Let’s first calculate the probability that all months have at least one birthday. The required answer is then just 1 minus this number. Now this exercise is simple if you’re familiar with the curiously named Stirling Numbers of the Second Kind. But let’s assume you are not and want to hack at this from first principles:

Let \(C_{n,k}\) represent the number of different ways that \(n\) people’s birthday’s can be assigned to \(k\) different months such that each month has at least one person’s birthday fall in that month . This can also be thought of as \(n\) distinguishable balls in \(k\) distinguishable urns with each ball having an equal probability of being in any of the \(k\) urns and each urn having at least 1 ball . We want to calculate \(C_{40,12}\). 

Calculating \(C_{n,k}\) directly is not easy.
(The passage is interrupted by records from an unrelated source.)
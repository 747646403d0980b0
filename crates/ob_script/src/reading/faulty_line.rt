use crate::reading::fault::LineFault;
use std::fmt::{self, Display, Formatter, Write};
use std::marker::Model;

/// How many bytes of a faulty line are kept to be shown, at most.
const MOST_SHOWN: usize = 40;

/// A faulty line: its number, which is all that contracts see of it, and what `--verbose` shows of it.
#[derive(Debug, Drop)]
pub struct FaultyLine {
    number: u32,
    shown: [u8; MOST_SHOWN],
    count: usize,
    is_cut: bool,
}

impl Model for FaultyLine {
    ghost use Rattle.std.specs.Prelude.{ℕ};

    ghost Value = { ℕ };

    ghost view = { λ line. line.number };
}

impl FaultyLine {
    ghost use Rattle.std.specs.Prelude.{◌≡◌};

    /// The line with this number, counted from 1, by its bytes. A word that is no number is shown alone, and of any other
    /// fault the line.
    pub(crate) fn new(number: u32, line: &[u8], fault: LineFault) -> FaultyLine
        ensures { result ≡ number }
    {
        let faulty = match fault {
            LineFault::NotANumber => word_that_is_no_number(line),
            _ => line,
        };
        let mut shown = [0; MOST_SHOWN];
        let count = faulty.len().min(MOST_SHOWN);
        shown[..count].copy_from_slice(&faulty[..count]);
        FaultyLine {
            number,
            shown,
            count,
            is_cut: count < faulty.len(),
        }
    }

    /// The number of the line, from 1 on.
    pub(crate) fn number(&self) -> u32
        ensures { result ≡ self.now }
    {
        self.number
    }
}

/// What is wrong in the line, between quotes: at most 40 bytes, and `..` if there are more, each as Rust's
/// `escape_ascii` shows it.
impl Display for FaultyLine {
    fn fmt<W: Write>(&self, f: &mut Formatter<W>) -> fmt::Result {
        write!(f, "'")?;
        for byte in self.shown.iter().take(self.count) {
            write!(f, "{}", byte.escape_ascii())?;
        }
        write!(f, "{}", if self.is_cut { "'.." } else { "'" })
    }
}

/// The first word after the first one that is not digits alone, or the line if there is none.
fn word_that_is_no_number(line: &[u8]) -> &[u8] {
    line.split(|byte| *byte == b' ')
        .skip(1)
        .find(|word| word.is_empty() || !word.iter().all(u8::is_ascii_digit))
        .unwrap_or(line)
}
But we can easily recognize a few identities that will help us calculate it.

Firstly,  when you have \(n\) balls and \(n\) urns, each urn has to contain exactly 1 ball for there to be at least 1 ball in each: 
\[
C_{n,n} = n! 
\]

Second, if there was only one urn, there’s obviously only 1 way to assign the \(n\) balls. So:
\[
C_{n,1} = 1 
\]

Third and most importantly we have the following recursive relation: 
\[
C_{n+1,k} = k\cdot C_{n,k} \ \ + \ \ k\cdot C_{n,k-1}
\]

This is because when you add a new distinguishable ball to the existing \(n\) balls, one of two things has to be true in any final set of permutations:
i. we have the existing permutations, and the new ball is placed in any one of the \(k\) urns. There are \(k\) ways to do this.
ii. The new ball is the sole member of one of the \(k\) urns. This can again be done in k ways with the other \(n\) balls arranged in the \(k-1\) urns in \(C_{n,k-1} \) ways.
The total number of ways is just the sum of the two resulting terms above.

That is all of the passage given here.